MetaMix: Meta-state Precision Searcher for Mixed-precision Activation Quantization
Han-Byul Kim, Joo Hyung Lee, Sungjoo Yoo, Hong-Seok Kim
TL;DR
MetaMix addresses activation instability encountered during mixed-precision activation quantization by introducing a meta-state precision searcher that couples bit-width exploration with weight training. The method alternates between bit-meta training, which builds a stable meta-state across multiple bit-width branches, and bit-search training, which learns per-layer bit-width probabilities on a fixed meta-state, followed by a weight-fine-tuning phase. Empirically, MetaMix achieves state-of-the-art accuracy-cost trade-offs on ImageNet for MobileNet-v2, MobileNet-v3, and ResNet-18, outperforming both mixed- and single-precision SOTA methods with faster bit-width search than NAS-based approaches.

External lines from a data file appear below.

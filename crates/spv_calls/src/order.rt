use graph::{Graph, NoMemory};
use std::alloc::Global;

/// A walk in depth that is under way.
#[derive(Drop)]
struct Descent {
    met: Vec<bool>,
    /// The places that it came along, each with the number of successors that it has looked at.
    way: Vec<(usize, usize)>,
    /// The places that it has left.
    order: Vec<usize>,
}

impl Descent {
    /// Goes on at a place, unless that was met.
    fn enter(&mut self, place: usize) -> Result<(), NoMemory> {
        if place < self.met.len() && !self.met[place] {
            self.met[place] = true;
            self.way.push((place, 0))?;
        }
        Ok(())
    }

    /// Goes on at the next successor of the last place, or leaves that place. False where there is none.
    fn step(&mut self, graph: &Graph) -> Result<bool, NoMemory> {
        let Some((place, next)) = self.way.pop() else {
            return Ok(false);
        };
        match graph.row(place).get(next) {
            Some(successor) => {
                self.way.push((place, next + 1))?;
                self.enter(*successor)?;
            }
            None => self.order.push(place)?,
        }
        Ok(true)
    }

    /// Walks from a place until there is no step.
    fn walk(&mut self, graph: &Graph, start: usize) -> Result<(), NoMemory> {
        self.enter(start)?;
        'steps: for _ in 0..u64::MAX {
            if !self.step(graph)? {
                break;
            }
        }
        Ok(())
    }
}

/// All places in an order in which each comes behind its successors, but where walks lead in circles. No contract says
/// so, and none asks for it: it saves time.
pub fn successors_first(alloc: Global, graph: &Graph) -> Result<Vec<usize>, NoMemory> {
    let mut descent = Descent {
        met: vec![in alloc; false; graph.count()]?,
        way: Vec::new(alloc),
        order: Vec::new(alloc),
    };
    'places: for place in 0..graph.count() {
        descent.walk(graph, place)?;
    }
    let Descent {
        met: _,
        way: _,
        order,
    } = descent;
    Ok(order)
}
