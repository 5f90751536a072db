ghost use Rattle.std.specs.Prelude.{◌≡◌, ◌++◌, ◌∷◌, [], IfOk, OnOk, OnErr, length};
ghost use Rattle.graph.specs.Rows.{is_marked};

use spv_base::NoMemory;
use std::alloc::Global;
use std::marker::Model;

/// A list of places.
#[derive(Debug, Drop)]
pub struct Places {
    items: Vec<usize>,
}

impl Model for Places {
    ghost use Rattle.std.specs.Prelude.{List, ℕ};

    ghost Value = { List ℕ };

    ghost view = { λ places. places.items.items };
}

impl Places {
    /// The list with no place.
    pub fn new(alloc: Global) -> Places
        ensures { result ≡ [] }
    {
        Places {
            items: Vec::new(alloc),
        }
    }

    /// The places of a vector.
    pub fn from_vec(items: Vec<usize>) -> Places
        ensures { result ≡ items.items }
    {
        Places { items }
    }

    /// The places of a slice.
    pub fn of(alloc: Global, places: &[usize]) -> Result<Places, NoMemory>
        ensures { IfOk result (λ list. list ≡ places.now) }
    {
        let items = Vec::from_slice(alloc, places)?;
        Ok(Places { items })
    }

    /// Adds a place at the end. Where memory is wanting the list stays as it was.
    pub fn push(&mut self, place: usize) -> Result<(), NoMemory>
        ensures ok { OnOk result (self.new ≡ self.old ++ place ∷ []) }
        ensures err { OnErr result (self.new ≡ self.old) }
    {
        self.items.push(place)?;
        Ok(())
    }

    /// All places.
    pub fn as_slice(&self) -> &[usize]
        ensures { result.now ≡ self.now }
    {
        &self.items
    }
}

/// Whether a place is marked; none past the end of the marks is.
pub fn is_marked(marks: &[bool], place: usize) -> bool
    ensures { result ≡ is_marked marks.now place }
{
    place < marks.len() && marks[place]
}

The approach stabilizes activation statistics, reduces training instability, and offers a practical path to efficient, high-accuracy quantized networks for edge and mobile deployments.
Abstract
Mixed-precision quantization of efficient networks often suffer from activation instability encountered in the exploration of bit selections. To address this problem, we propose a novel method called MetaMix which consists of bit selection and weight training phases. The bit selection phase iterates two steps, (1) the mixed-precision-aware weight update, and (2) the bit-search training with the fixed mixed-precision-aware weights, both of which combined reduce activation instability in mixed-precision quantization and contribute to fast and high-quality bit selection. The weight training phase exploits the weights and step sizes trained in the bit selection phase and fine-tunes them thereby offering fast training. Our experiments with efficient and hard-to-quantize networks, i.e., MobileNet v2 and v3, and ResNet-18 on ImageNet show that our proposed method pushes the boundary of mixed-precision quantization, in terms of accuracy vs. operations, by outperforming both mixed- and single-precision SOTA methods.